Ohri’nin içine indiğinizde sizi bir canlılık karşılar. Kafeler, restoranlar, park içindeki aziz heykelleri... Kiril Alfabesi’ni geliştiren Sv. Kiril ve Metodius ile Sv. Kliment ve Sv. Naum görkemli heykelleri ile Ohri Gölü’nü seyreder. Makedonya’da 24 Mayıs günü Aziz Kiril ve Metodius Aydınlanma Günü olarak kutlanır.
Ohri Gölü’nü gezmek için küçük liman içinde tekneler bulunuyor. Başınızı kaldırdığınızda ortaçağdan kalma Çar Samuil Kalesi ve hemen aşağısında Safranbolu’yu andıran evler göze çarpar.
Yine göl kıyısındaki, Kaneo sahilinde St. John Kilisesi dikkat çeker.
Ohri, 1396’da Timurtaş Paşa tarafından alınarak, Osmanlı hükümdarlığı altına girdi. Uzun süre Türk hakimiyetinde kalan Ohri’de halen ayakta kalan Osmanlı dönemine ait; Haydar Paşa, Kuloğlu, Hacı Hamza, Ali Paşa, Hacı Durgut, Zeynel Abidin Paşa camileri, Halvetî Tekkesi, Eyüp Sabri Bey’in yaptırdığı lise binası bulunuyor.

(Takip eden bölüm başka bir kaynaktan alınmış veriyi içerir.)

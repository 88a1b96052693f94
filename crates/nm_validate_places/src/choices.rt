//! The rule of mandatory choices: one of their nodes is there, where their guards hold.

ghost use Rattle.std.specs.Prelude.{◌≡◌, IfOk, MatchOption, None, Some, filter, length, slice_get};
ghost use Rattle.std.specs.List.{find, flat_map};
ghost use Rattle.nm_schema_tree.specs.Nodes.{choice_at};
ghost use Rattle.nm_path.specs.Sound.{IsSound};
ghost use Rattle.nm_validate_rules.specs.declared.rule.Rule.TheVariants as rule;
ghost use Rattle.nm_validate_rules.specs.Cases as spec;
ghost use Rattle.nm_validate_rules.specs.Places as place_spec;
ghost use Rattle.nm_validate_rules.specs.Violated.{is_of_choice};
ghost use Rattle.nm_validate_rules.specs.Violation.{least_at};
ghost use Rattle.nm_validate_places.specs.Groups as group;
ghost use Rattle.nm_validate_places.specs.Least.{least_with};
ghost use Rattle.nm_validate_places.specs.Choosing.{is_within, missing_by, missing_places};

use crate::areas::{Grouped, areas};
use crate::cases::{any_at, is_allowed};
use crate::least::with_path;
use crate::tables::{by_choice, nodes_in};
use nm_base::NoMemory;
use nm_config::RowMap;
use nm_schema_tree::{ChoiceNode, Schema};
use nm_types::{Chosen, Path, Step};
use std::alloc::Global;

// Whether a case is of a choice.
fn is_of(schema: &Schema, choice: usize, case: usize) -> bool
    ensures { result ≡ spec.is_choice choice (choice_at schema.now.cases case) }
{
    match schema.choice_of(case) {
        None => false,
        Some(other) => other == choice,
    }
}

// The first case of a choice among a case and those outwards of it, of which at most so many are looked at.
fn first_outwards(schema: &Schema, choice: usize, most: usize, from: Option<usize>) -> Option<usize>
    ensures { result ≡ find (λ c. spec.is_choice choice (choice_at schema.now.cases c)) (spec.outwards schema.now most from) }
{
    let mut over = from;
    let mut left = most;
    'outwards: while left > 0 {
        let Some(own) = over else {
            return None;
        };
        if is_of(schema, choice, own) {
            return Some(own);
        }
        over = schema.outer_case(own);
        left -= 1;
    }
    None
}

/// The case of a choice that a node stands in.
#[tactic(auto, unfolding(nm_validate_rules::specs::Cases::cases_over, nm_validate_rules::specs::Cases::case_of_choice))]
pub fn case_of_choice(schema: &Schema, choice: usize, at: usize) -> Option<usize>
    ensures { result ≡ spec.case_of_choice schema.now choice at }
{
    first_outwards(schema, choice, schema.cases().len(), schema.case_in(at))
}

// Whether what a choice stands in is there: a node, or the top.
fn is_within(schema: &Schema, parent: Option<usize>) -> bool
    ensures { result ≡ is_within schema.now parent }
{
    match parent {
        None => true,
        Some(at) => at < schema.len(),
    }
}

/// The step by which a choice is printed.
pub fn choice_step(choice: &ChoiceNode) -> Result<Step, NoMemory>
    ensures { IfOk result (λ step. step ≡ place_spec.choice_step choice.now) }
{
    Ok(Step {
        module: choice.module.copy()?,
        name: choice.name.copy()?,
        chosen: Chosen::Whole,
    })
}

// The lesser of what was found so far and the path of a choice at a place, where it may be wanted there and none of its nodes is there.
fn with_missing<M: RowMap>(
    alloc: Global,
    schema: &Schema,
    config: &M,
    grouped: &Grouped<'_>,
    above: &Path,
    choice: &ChoiceNode,
    nodes: &[usize],
    found: Option<Path>,
) -> Result<Option<Path>, NoMemory>
    requires { group.IsGrouped schema.now (M.rows config.now) grouped.now }
    ensures { IfOk result (λ least. least ≡ least_with found (missing_by schema.now (M.rows config.now) choice.now nodes.now above.now)) }
{
    if !is_allowed(alloc, schema, config, grouped, above, choice.case_in)? {
        return Ok(found);
    }
    if any_at(alloc, schema, config, above, nodes)? {
        return Ok(found);
    }
    let step = choice_step(choice)?;
    let path = above.with_step(alloc, step)?;
    Ok(with_path(found, path))
}

// The least of what was found so far and of the paths of a choice at these places, where none of its nodes is.
fn least_among<M: RowMap>(
    alloc: Global,
    schema: &Schema,
    config: &M,
    grouped: &Grouped<'_>,
    areas: &[Path],
    choice: &ChoiceNode,
    nodes: &[usize],
    found: Option<Path>,
) -> Result<Option<Path>, NoMemory>
    requires { group.IsGrouped schema.now (M.rows config.now) grouped.now }
    ensures { IfOk result (λ least. least ≡ least_with found (flat_map (missing_by schema.now (M.rows config.now) choice.now nodes.now) areas.now)) }
{
    let mut least = found;
    for above in areas {
        least = with_missing(alloc, schema, config, grouped, above, choice, nodes, least)?;
    }
    Ok(least)
}

/// The choice of a number from 0, and None past the last.
pub fn choice_of(schema: &Schema, at: usize) -> Option<&ChoiceNode>
    ensures { MatchOption result (slice_get schema.now.choices at ≡ None) (λ choice. slice_get schema.now.choices at ≡ Some choice.now) }
{
    schema.choices().get(at)
}

// The least of what was found so far and of the places at which a choice has none of its nodes.
fn least_at_choice<M: RowMap>(
    alloc: Global,
    schema: &Schema,
    config: &M,
    grouped: &Grouped<'_>,
    at: usize,
    nodes: &[usize],
    found: Option<Path>,
) -> Result<Option<Path>, NoMemory>
    requires sound { IsSound schema.now.nodes }
    requires grouped { group.IsGrouped schema.now (M.rows config.now) grouped.now }
    requires nodes { nodes.now ≡ filter (is_of_choice schema.now at) (spec.numbers schema.now.nodes) }
    ensures { IfOk result (λ least. least ≡ least_with found (missing_places schema.now (M.rows config.now) at)) }
{
    let Some(choice) = choice_of(schema, at) else {
        return Ok(found);
    };
    if !choice.mandatory {
        return Ok(found);
    }
    if !is_within(schema, choice.parent) {
        return Ok(found);
    }
    let above = areas(alloc, schema, config, grouped, choice.parent)?;
    let least = least_among(alloc, schema, config, grouped, &above, choice, nodes, found)?;
    Ok(least)
}

/// How many choices there are.
pub fn choice_count(schema: &Schema) -> usize
    ensures { result ≡ length schema.now.choices }
{
    schema.choices().len()
}

/// The least path of a mandatory choice without any node, where its guard holds (RFC 7950 section 7.9.4).
pub fn least_missing_choice<M: RowMap>(
    alloc: Global,
    schema: &Schema,
    config: &M,
    grouped: &Grouped<'_>,
) -> Result<Option<Path>, NoMemory>
    requires sound { IsSound schema.now.nodes }
    requires grouped { group.IsGrouped schema.now (M.rows config.now) grouped.now }
    ensures { IfOk result (λ found. found ≡ least_at schema.now (M.rows config.now) rule.MandatoryChoice) }
{
    let table = by_choice(alloc, schema)?;
    let choices = table.as_slice();
    let mut least = None;
    for at in 0..choice_count(schema) {
        let nodes = nodes_in(choices, at);
        least = least_at_choice(alloc, schema, config, grouped, at, nodes, least)?;
    }
    Ok(least)
}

Türklerin en çok Elveda Rumeli dizisinin çekildiği mekanları geziyor. Yazın Ohri’de iğne atsan yere düşmeyecek kalabalıklar oluşuyor. Otel, motel ve pansiyon konusunda alternatif çok. Dostumuz Rüştü Müftü kentten ayrılmadan yapılması gerekenleri şöyle özetliyor: “Ohri’nin alabalığı başka yerde yoktur, mutlaka tadılmalı. Kaşarlı köfte meşhurdur, fasulyeli köfte kebabını da unutmayın. Tabiî ki orijinal inci kolyesi de alın..”

Formülü sır gibi saklanıyor

Ohri’de adım başı seyyar tezgahlarda inci satıcılarına denk geleceksiniz. O kadar çok inci satıcısı var ki... Rehberimiz orijinal incinin iki aile tarafından üretildiğini söylüyor. Biz de bu iki aileden biri olan Abidin Abdurrahman’ın işyerine giriyoruz. Göldeki Paşita adlı balığın pullarından elde edilen sıvının, sedefin üzerine sürülmesiyle parlak bir hal alarak incinin oluştuğunu söylüyor. İncinin üzerine sürülen bu madde sır olarak saklanıyor ve sadece aile içindeki erkek çocuklarına aktarılıyormuş. Ohri incisinden yapılan kolyeler, küpeler, yüzük, bileklik ve tespihler, kente gelen turistlerin tercih ettiği en önemli hediyelik eşyaların başında geliyor.